* Activity: The first line of the entries below, the line containing "target that applies.", and every line between them should be repeated exactly, and nothing else.

* Records:
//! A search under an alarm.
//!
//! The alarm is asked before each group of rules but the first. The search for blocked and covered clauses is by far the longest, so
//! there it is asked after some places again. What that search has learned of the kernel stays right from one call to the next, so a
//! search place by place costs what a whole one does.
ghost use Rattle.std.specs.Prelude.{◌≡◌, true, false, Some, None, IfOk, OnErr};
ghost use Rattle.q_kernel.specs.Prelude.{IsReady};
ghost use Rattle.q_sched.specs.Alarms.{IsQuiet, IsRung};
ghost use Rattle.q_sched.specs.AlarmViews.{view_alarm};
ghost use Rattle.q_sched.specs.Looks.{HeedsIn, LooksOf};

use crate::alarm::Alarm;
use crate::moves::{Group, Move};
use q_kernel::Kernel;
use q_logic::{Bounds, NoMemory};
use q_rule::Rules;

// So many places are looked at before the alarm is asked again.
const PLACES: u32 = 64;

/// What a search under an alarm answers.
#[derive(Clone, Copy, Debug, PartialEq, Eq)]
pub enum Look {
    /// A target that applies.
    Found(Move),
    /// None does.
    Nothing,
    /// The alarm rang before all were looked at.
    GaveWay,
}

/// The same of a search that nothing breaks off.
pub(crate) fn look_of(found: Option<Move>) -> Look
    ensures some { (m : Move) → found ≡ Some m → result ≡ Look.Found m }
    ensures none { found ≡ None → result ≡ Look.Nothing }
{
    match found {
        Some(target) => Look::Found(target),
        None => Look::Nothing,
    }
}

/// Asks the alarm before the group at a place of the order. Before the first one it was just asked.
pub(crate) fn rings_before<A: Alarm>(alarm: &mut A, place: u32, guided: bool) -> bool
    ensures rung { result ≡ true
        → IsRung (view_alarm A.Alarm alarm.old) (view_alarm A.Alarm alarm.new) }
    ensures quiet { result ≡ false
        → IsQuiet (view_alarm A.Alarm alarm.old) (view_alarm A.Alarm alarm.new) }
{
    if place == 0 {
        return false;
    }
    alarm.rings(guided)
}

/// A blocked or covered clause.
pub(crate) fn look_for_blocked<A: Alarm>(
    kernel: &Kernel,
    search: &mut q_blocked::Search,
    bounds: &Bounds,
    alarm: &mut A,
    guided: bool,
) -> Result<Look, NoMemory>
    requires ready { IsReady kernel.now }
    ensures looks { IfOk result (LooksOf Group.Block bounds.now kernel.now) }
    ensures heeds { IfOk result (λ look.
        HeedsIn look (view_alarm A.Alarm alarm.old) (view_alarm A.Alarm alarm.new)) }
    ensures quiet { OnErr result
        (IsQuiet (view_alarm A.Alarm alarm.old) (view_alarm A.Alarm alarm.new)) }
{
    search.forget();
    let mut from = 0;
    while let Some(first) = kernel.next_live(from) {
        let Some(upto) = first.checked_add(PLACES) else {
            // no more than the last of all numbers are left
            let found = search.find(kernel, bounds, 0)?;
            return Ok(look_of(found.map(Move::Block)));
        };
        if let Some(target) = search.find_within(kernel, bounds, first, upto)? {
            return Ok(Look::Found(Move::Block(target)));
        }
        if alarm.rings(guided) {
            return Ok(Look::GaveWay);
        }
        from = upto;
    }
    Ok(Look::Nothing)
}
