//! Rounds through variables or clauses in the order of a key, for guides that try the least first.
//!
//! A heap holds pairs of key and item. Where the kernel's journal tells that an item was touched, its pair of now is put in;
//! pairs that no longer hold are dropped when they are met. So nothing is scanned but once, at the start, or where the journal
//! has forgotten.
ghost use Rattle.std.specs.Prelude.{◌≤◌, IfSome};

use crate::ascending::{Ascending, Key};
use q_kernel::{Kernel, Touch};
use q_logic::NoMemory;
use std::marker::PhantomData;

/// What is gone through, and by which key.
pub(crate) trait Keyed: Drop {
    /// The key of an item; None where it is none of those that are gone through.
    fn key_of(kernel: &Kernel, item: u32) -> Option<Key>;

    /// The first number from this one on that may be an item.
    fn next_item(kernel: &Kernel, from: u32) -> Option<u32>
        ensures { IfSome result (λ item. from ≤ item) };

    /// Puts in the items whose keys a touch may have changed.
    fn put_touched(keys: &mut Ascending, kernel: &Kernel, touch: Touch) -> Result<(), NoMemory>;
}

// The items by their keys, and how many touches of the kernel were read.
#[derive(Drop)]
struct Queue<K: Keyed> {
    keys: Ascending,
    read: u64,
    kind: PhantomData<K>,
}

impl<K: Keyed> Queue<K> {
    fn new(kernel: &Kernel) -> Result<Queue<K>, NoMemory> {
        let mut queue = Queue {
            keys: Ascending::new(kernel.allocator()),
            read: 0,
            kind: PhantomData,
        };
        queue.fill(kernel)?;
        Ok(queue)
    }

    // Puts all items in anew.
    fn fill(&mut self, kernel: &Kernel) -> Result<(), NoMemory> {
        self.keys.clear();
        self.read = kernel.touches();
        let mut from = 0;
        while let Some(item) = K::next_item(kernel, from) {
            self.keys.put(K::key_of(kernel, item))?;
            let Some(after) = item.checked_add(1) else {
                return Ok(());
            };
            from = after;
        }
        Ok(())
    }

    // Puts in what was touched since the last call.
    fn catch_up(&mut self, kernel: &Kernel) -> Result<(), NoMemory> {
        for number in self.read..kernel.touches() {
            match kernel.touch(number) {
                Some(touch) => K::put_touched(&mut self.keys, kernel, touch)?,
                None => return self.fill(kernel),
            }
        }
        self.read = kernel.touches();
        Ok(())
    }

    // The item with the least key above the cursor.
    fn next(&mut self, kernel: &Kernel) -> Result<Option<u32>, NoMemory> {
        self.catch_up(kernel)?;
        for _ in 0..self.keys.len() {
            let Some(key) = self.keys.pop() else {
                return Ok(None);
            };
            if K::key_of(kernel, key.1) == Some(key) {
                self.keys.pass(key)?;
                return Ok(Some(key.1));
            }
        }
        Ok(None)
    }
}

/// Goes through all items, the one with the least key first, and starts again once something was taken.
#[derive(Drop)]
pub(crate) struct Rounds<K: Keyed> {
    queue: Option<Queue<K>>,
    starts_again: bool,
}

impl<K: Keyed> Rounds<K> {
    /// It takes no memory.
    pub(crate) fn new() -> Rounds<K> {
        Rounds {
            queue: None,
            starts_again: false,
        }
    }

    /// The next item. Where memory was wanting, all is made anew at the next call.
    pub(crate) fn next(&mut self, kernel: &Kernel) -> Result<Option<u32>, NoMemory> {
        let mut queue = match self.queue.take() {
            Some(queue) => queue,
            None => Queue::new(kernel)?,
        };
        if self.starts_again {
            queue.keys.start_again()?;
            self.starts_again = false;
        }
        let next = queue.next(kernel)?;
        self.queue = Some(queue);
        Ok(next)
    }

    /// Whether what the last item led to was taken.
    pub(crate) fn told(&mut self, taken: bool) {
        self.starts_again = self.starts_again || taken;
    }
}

* Answer area:
//! A search under an alarm.
//!
//! The alarm is asked before each group of rules but the first. The search for blocked and covered clauses is by far the longest, so
//! there it is asked after some places again. What that search has learned of the kernel stays right from one call to the next, so a
//! search place by place costs what a whole one does.
ghost use Rattle.std.specs.Prelude.{◌≡◌, true, false, Some, None, IfOk, OnErr};
ghost use Rattle.q_kernel.specs.Prelude.{IsReady};
ghost use Rattle.q_sched.specs.Alarms.{IsQuiet, IsRung};
ghost use Rattle.q_sched.specs.AlarmViews.{view_alarm};
ghost use Rattle.q_sched.specs.Looks.{HeedsIn, LooksOf};

use crate::alarm::Alarm;
use crate::moves::{Group, Move};
use q_kernel::Kernel;
use q_logic::{Bounds, NoMemory};
use q_rule::Rules;

// So many places are looked at before the alarm is asked again.
const PLACES: u32 = 64;

/// What a search under an alarm answers.
#[derive(Clone, Copy, Debug, PartialEq, Eq)]
pub enum Look {
    /// A target that applies.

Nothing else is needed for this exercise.